> **TASK INSTRUCTIONS**:
For the data below, restate word for word only the lines from the line containing "is the law." through the line containing "events ≡ None", both ends included.

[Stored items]
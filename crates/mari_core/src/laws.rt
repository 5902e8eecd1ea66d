//! The laws of what every event and every entry keeps.

ghost use Rattle.std.specs.Prelude.{◌≡◌, ℕ, true, List, Some, None, slice_get, IfSome};
ghost use Rattle.mari_market.specs.declared.finding.Finding.{Finding};
ghost use Rattle.mari_market.specs.SearchTree.{IsLarger};
ghost use Rattle.mari_core.specs.declared.event.Event.{Event};
ghost use Rattle.mari_core.specs.declared.node.NodeState.TheVariants.{Taken};
ghost use Rattle.mari_core.specs.Growth.{Grown, Entry, grown, settling, grown_by, IsAllowed, AreAllowed, IsCutoff, IsGrowth, MaySettle};
ghost use Rattle.mari_core.specs.Machine.{Machine, after, refusal, IsProper, KeepsFacts};
ghost use Rattle.mari_core.specs.Nodes.{state_at};
ghost use Rattle.mari_core.specs.Replay.{after_all, first_refusal, AreProper};

/// Each event that is proper and isn't refused keeps the facts of a search, and so does each list of them.
///
/// Of its tree alone: each entry that is allowed, and each list of them, keeps the facts of a growth, to settle a
/// taken node with a finding is such an entry, and where the mark is on, the search tree is larger than the budget.
/// The call does nothing: its contract is the law.
pub fn facts_are_kept()
    ensures event { (s : Machine) (e : Event) → KeepsFacts s → IsProper s e → refusal s e ≡ None → KeepsFacts (after s e) }
    ensures events { (s : Machine) (events : List Event) → KeepsFacts s → AreProper s events → first_refusal 0 s events ≡ None
        → KeepsFacts (after_all s events) }
    ensures entry { (g : Grown) (e : Entry) → IsGrowth g → IsAllowed g e → IsGrowth (grown g e) }
    ensures entries { (g : Grown) (es : List Entry) → IsGrowth g → AreAllowed g es → IsGrowth (grown_by g es) }
    ensures settle { (g : Grown) (k x cutoff : ℕ) (finding : Finding) → IsGrowth g → IsCutoff g.market cutoff
        → IfSome (slice_get g.nodes x) (MaySettle g.market cutoff finding) → state_at g.nodes x ≡ Some (Taken k) → IsAllowed g (settling g k x cutoff finding) }
    ensures larger { (g : Grown) → IsGrowth g → g.full ≡ true → IsLarger g.market g.budget }
{}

> **SOLUTION TO THIS TASK**:
/// The call does nothing: its contract is the law.
pub fn facts_are_kept()
    ensures event { (s : Machine) (e : Event) → KeepsFacts s → IsProper s e → refusal s e ≡ None → KeepsFacts (after s e) }
    ensures events { (s : Machine) (events : List Event) → KeepsFacts s → AreProper s events → first_refusal 0 s events ≡ None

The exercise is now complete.